(Beginning of DATA IN THIS EXERCISE)

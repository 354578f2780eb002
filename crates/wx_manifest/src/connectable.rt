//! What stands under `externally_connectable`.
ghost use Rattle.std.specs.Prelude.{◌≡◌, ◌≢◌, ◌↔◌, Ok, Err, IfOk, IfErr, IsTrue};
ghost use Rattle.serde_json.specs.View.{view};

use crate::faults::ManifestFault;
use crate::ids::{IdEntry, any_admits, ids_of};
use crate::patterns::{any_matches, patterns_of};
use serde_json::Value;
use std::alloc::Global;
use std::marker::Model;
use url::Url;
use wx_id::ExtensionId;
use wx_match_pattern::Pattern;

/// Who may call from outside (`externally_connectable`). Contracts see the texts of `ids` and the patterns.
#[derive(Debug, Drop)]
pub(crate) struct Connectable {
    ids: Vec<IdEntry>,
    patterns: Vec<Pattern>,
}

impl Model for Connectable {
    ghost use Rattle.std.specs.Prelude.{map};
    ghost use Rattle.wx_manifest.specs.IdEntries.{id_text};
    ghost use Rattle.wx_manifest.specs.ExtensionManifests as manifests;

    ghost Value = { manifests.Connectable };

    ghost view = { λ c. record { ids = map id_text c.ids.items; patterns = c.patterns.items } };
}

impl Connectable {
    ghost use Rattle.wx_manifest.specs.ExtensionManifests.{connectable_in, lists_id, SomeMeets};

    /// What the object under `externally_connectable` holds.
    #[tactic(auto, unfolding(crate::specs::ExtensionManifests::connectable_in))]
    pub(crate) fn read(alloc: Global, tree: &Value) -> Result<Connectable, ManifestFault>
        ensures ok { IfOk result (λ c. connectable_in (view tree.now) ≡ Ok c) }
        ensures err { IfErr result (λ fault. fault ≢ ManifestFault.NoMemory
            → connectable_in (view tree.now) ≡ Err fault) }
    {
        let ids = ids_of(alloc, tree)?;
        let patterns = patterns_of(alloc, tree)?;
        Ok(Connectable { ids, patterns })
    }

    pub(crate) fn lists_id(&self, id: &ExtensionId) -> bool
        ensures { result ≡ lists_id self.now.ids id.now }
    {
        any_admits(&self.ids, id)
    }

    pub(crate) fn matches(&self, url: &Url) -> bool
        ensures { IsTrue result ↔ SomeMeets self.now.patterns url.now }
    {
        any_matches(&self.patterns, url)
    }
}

(End of DATA IN THIS EXERCISE)

> ACTIVITY
All entries are to be printed once more, exactly as given.

> COMPLETED TASK
repository 354578f2780eb002
filename crates/wx_manifest/src/connectable.rt
//! What stands under `externally_connectable`.
ghost use Rattle.std.specs.Prelude.{◌≡◌, ◌≢◌, ◌↔◌, Ok, Err, IfOk, IfErr, IsTrue};
ghost use Rattle.serde_json.specs.View.{view};

use crate::faults::ManifestFault;
use crate::ids::{IdEntry, any_admits, ids_of};
use crate::patterns::{any_matches, patterns_of};
use serde_json::Value;
use std::alloc::Global;
use std::marker::Model;
use url::Url;
use wx_id::ExtensionId;
use wx_match_pattern::Pattern;

/// Who may call from outside (`externally_connectable`). Contracts see the texts of `ids` and the patterns.
#[derive(Debug, Drop)]
pub(crate) struct Connectable {
    ids: Vec<IdEntry>,
    patterns: Vec<Pattern>,
}

impl Model for Connectable {
    ghost use Rattle.std.specs.Prelude.{map};
    ghost use Rattle.wx_manifest.specs.IdEntries.{id_text};
    ghost use Rattle.wx_manifest.specs.ExtensionManifests as manifests;

    ghost Value = { manifests.Connectable };

    ghost view = { λ c. record { ids = map id_text c.ids.items; patterns = c.patterns.items } };
}

impl Connectable {
    ghost use Rattle.wx_manifest.specs.ExtensionManifests.{connectable_in, lists_id, SomeMeets};

    /// What the object under `externally_connectable` holds.
    #[tactic(auto, unfolding(crate::specs::ExtensionManifests::connectable_in))]
    pub(crate) fn read(alloc: Global, tree: &Value) -> Result<Connectable, ManifestFault>
        ensures ok { IfOk result (λ c. connectable_in (view tree.now) ≡ Ok c) }
        ensures err { IfErr result (λ fault. fault ≢ ManifestFault.NoMemory
            → connectable_in (view tree.now) ≡ Err fault) }
    {
        let ids = ids_of(alloc, tree)?;
        let patterns = patterns_of(alloc, tree)?;
        Ok(Connectable { ids, patterns })
    }

    pub(crate) fn lists_id(&self, id: &ExtensionId) -> bool
        ensures { result ≡ lists_id self.now.ids id.now }
    {
        any_admits(&self.ids, id)
    }

    pub(crate) fn matches(&self, url: &Url) -> bool
        ensures { IsTrue result ↔ SomeMeets self.now.patterns url.now }
    {
        any_matches(&self.patterns, url)
    }
}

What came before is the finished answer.